WhySharksMatter is claiming in this ethical debate that North Atlantic Right Whales, one of the most endangered animals on Earth, are going to go extinct whether or not we help them, and therefore we should stop wasting so much of the environmental movement's limited resources on protecting them.
"For the sake of this debate, I will concede the following points (i.e. there is no need to debate them any further).
* Right whales are a unique and interesting animal. They, like us, are mammals.
* Without our protection, they will certainly go extinct
* It is undeniably, 100% our fault that they are so endangered in the first place"
From the Upcoming ueue, submitted by whysharksmatter.
Yes, we should.
sm.
I think we should save them if we can, because they are a unique and incredible animal. Isn't that enough reason?
Taken from Wikipedia:
400 to 450 North Atlantic Right Whales live in the North Atlantic;
50-100 North Pacific Right Whales live in the eastern North Pacific and perhaps 200-300 more in the Sea of Okhotsk;
12,000 Southern Right Whales are spread throughout the southern part of the Southern Hemisphere;
9,000–10,000 Bowhead Whales (Aka Greenland Right Whale) are distributed entirely in the Arctic Ocean and sub-polar seas.
There will still be Right whales out there, if the North Atlantic Right Whales disapear. Save their genetic information as best we can, and salute them goodbye, IMO.
If a species is going extinct naturally, then we should let it die out – as attempting to stave off extinction of such a thing is as damaging to the natural order of things as killing off a species that is not dying out naturally.

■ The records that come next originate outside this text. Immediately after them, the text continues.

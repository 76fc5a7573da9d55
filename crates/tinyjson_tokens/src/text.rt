//! The characters of a text in memory, read where they lie.
ghost use Rattle.std.specs.Prelude.{◌≡◌, ◌-◌, length, slice_get};
ghost use Rattle.std.specs.Char.{len_utf8};
ghost use Rattle.std.specs.Str.{IsUtf8, IsCharBoundary, chars};
ghost use Rattle.tinyjson_grammar.specs.Characters.{is_white};
ghost use Rattle.tinyjson_grammar.specs.Position.{advance, origin};
ghost use Rattle.tinyjson_tokens.specs.Slice.{before, chars_after, run_end, NextChar};
ghost use Rattle.tinyjson_tokens.specs.Slice.Laws.{line_bound, column_bound, shown_once};
ghost use Rattle.tinyjson_tokens.specs.Slice.Laws.{shown_first, nothing_left};

use crate::escape::escapes;
use crate::place::place_after;
use crate::source::{Lent, Source};
use crate::tokens::Tokens;
use crate::utf16::push;
use std::alloc::{AllocError, Global};
use tinyjson_bytes::{digits_end, plain_end, white_end};
use tinyjson_number::{JsonNumber, ready_number_at};

/// A text, and how many of its bytes were consumed. Line and column are counted when they are asked for.
#[derive(Drop)]
pub struct TextBytes<'a> {
    pub text: &'a str,
    pub at: usize,
    /// The last string that was taken with its quote, or the last number.
    pub lent: &'a str,
    pub ghost utf8: { ∥ IsUtf8 text.now ∥₁ },
    pub ghost boundary: { IsCharBoundary text.now at },
}

impl<'a> TextBytes<'a> {
    /// The source that gives all characters of the text.
    pub fn new(text: &'a str) -> Self
        ensures gives { chars_after result.text.now result.at ≡ chars text.now }
        ensures start { advance origin (before result.text.now result.at) ≡ origin }
    {
        TextBytes {
            text,
            at: 0,
            lent: "",
        }
    }

    /// Passes over white space, and shows what follows it. One space alone needs no search.
    #[inline(always)]
    fn pass_white(&mut self) -> Option<char>
        ensures text { self.new.text.now ≡ self.old.text.now }
        ensures at { self.new.at ≡ run_end is_white self.old.text.now self.old.at }
        ensures next { NextChar self.new.text.now self.new.at result }
    {
        let bytes = self.text.as_bytes();
        if bytes.len() - self.at > 1 && bytes[self.at] == b' ' {
            let byte = bytes[self.at + 1];
            if byte > b' ' && byte < 128 {
                self.at += 1;
                return Some(byte as char);
            }
        }
        self.pass_run()
    }

    /// Passes white space of any length, and sees the next character.
    #[inline(never)]
    fn pass_run(&mut self) -> Option<char>
        ensures text { self.new.text.now ≡ self.old.text.now }
        ensures at { self.new.at ≡ run_end is_white self.old.text.now self.old.at }
        ensures next { NextChar self.new.text.now self.new.at result }
    {
        self.at = white_end(self.text.as_bytes(), self.at);
        self.first()
    }

    /// The next character.
    fn first(&self) -> Option<char>
        ensures { NextChar self.now.text.now self.now.at result }
    {
        let bytes = self.text.as_bytes();
        if self.at >= bytes.len() {
            return None;
        }
        let byte = bytes[self.at];
        if byte < 128 {
            return Some(byte as char);
        }
        self.text[self.at..].chars().next()
    }
}

impl<'a> Source for TextBytes<'a> {
    ghost sight = { record {
      gives = λ p zs. zs ≡ chars_after p.text.now p.at;
      shows = λ p o. slice_get (chars_after p.text.now p.at) 0 ≡ o;
      place = λ p. advance origin (before p.text.now p.at);
      line_fits = λ p. line_bound (before p.text.now p.at);
      column_fits = λ p. column_bound (before p.text.now p.at);
      one = λ p. shown_once (chars_after p.text.now p.at);
      first = λ p. shown_first (chars_after p.text.now p.at);
      none = λ p. nothing_left (chars_after p.text.now p.at);
    } };

    ghost left = { λ p. length p.text.now - p.at };

    ghost lent = { λ p. chars p.lent.now };

    fn peek(&mut self) -> Option<char> {
        self.first()
    }

    fn bump(&mut self) -> Option<char> {
        let next = self.first();
        if let Some(c) = next {
            self.at += width(c);
        }
        next
    }

    #[inline(always)]
    fn consume(&mut self, c: char) {
        self.at += width(c);
    }

    fn skip_white(&mut self) -> Option<char> {
        let bytes = self.text.as_bytes();
        if self.at < bytes.len() && bytes[self.at] > b' ' && bytes[self.at] < 128 {
            return Some(bytes[self.at] as char);
        }
        self.pass_white()
    }

    fn plain(&mut self, string: &mut String) -> Result<(), AllocError> {
        let end = plain_end(self.text.as_bytes(), self.at);
        string.push_str(&self.text[self.at..end])?;
        self.at = end;
        Ok(())
    }

    #[inline(always)]
    fn letters(&mut self, string: &mut String) -> Result<(), AllocError> {
        for _ in 0..4_usize {
            let bytes = self.text.as_bytes();
            if self.at >= bytes.len() {
                return Ok(());
            }
            let byte = bytes[self.at];
            if byte == b'"' || byte == b'\\' {
                return Ok(());
            }
            if byte < b' ' || byte >= 128 {
                return self.plain(string);
            }
            push(string, byte as char)?;
            self.at += 1;
        }
        self.plain(string)
    }

    #[inline(always)]
    fn quoted(&mut self, string: &mut String) -> Result<Lent, AllocError> {
        let bytes = self.text.as_bytes();
        let end = plain_end(bytes, self.at);
        let run = &self.text[self.at..end];
        if end == bytes.len() || bytes[end] != b'"' {
            string.push_str(run)?;
            self.at = end;
            return Ok(Lent::Nothing);
        }
        self.lent = run;
        self.at = end + 1;
        Ok(Lent::All)
    }

    #[inline(always)]
    fn lent(&self) -> &str {
        self.lent
    }

    #[inline(always)]
    fn word(&mut self, word: &str) -> bool {
        let bytes = self.text.as_bytes();
        if bytes.len() - self.at < word.len() {
            return false;
        }
        let end = self.at + word.len();
        if &bytes[self.at..end] != word.as_bytes() {
            return false;
        }
        self.at = end;
        true
    }

    fn digits(&mut self, buffer: &mut String) -> Result<(), AllocError> {
        let end = digits_end(self.text.as_bytes(), self.at);
        buffer.push_str(&self.text[self.at..end])?;
        self.at = end;
        Ok(())
    }

    #[inline(always)]
    fn offset(&self) -> usize {
        self.at
    }

    fn position(&self) -> (usize, usize) {
        place_after(&self.text[..self.at])
    }
}

impl<'a> Tokens for TextBytes<'a> {
    fn escaped(&mut self, string: &mut String) -> Result<(), AllocError> {
        loop {
            let end = escapes(self.text.as_bytes(), self.at, string)?;
            if end == self.at {
                return Ok(());
            }
            self.at = end;
            self.letters(string)?;
        }
    }

    #[inline(always)]
    fn ready_number(&self, alloc: Global, by_text: bool) -> Option<(Option<JsonNumber>, Self)> {
        let (number, end) = ready_number_at(alloc, self.text.as_bytes(), self.at, by_text)?;
        let after = TextBytes {
            text: self.text,
            at: end,
            lent: &self.text[self.at..end],
        };
        Some((number, after))
    }
}

/// How many bytes the character takes.
#[inline(always)]
fn width(c: char) -> usize
    ensures { result ≡ len_utf8 c }
{
    if c < '\u{80}' { 1 } else { c.len_utf8() }
}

Adaption tends to take little time as it is a change in populations actions. ( that is: Colonialist adapted to the new england climate in a generation, by changing their actions)
Evolution takes generations and depends on the speed at which a species generates new generations. So ecoli will evolve faster than a Right Whale.
@drake123
I don't think it's possible to say how we would have turned out if we imposed current policies and ideals on our past selves. One could argue if we had the feelings toward the whale as we do now we wouldn't have had appropriate lubrication for motors that drove the industrial revolution. But one could also argue that human are highly inventive and they would have developed other lubrication.
Conservation is the ultimate conservatism.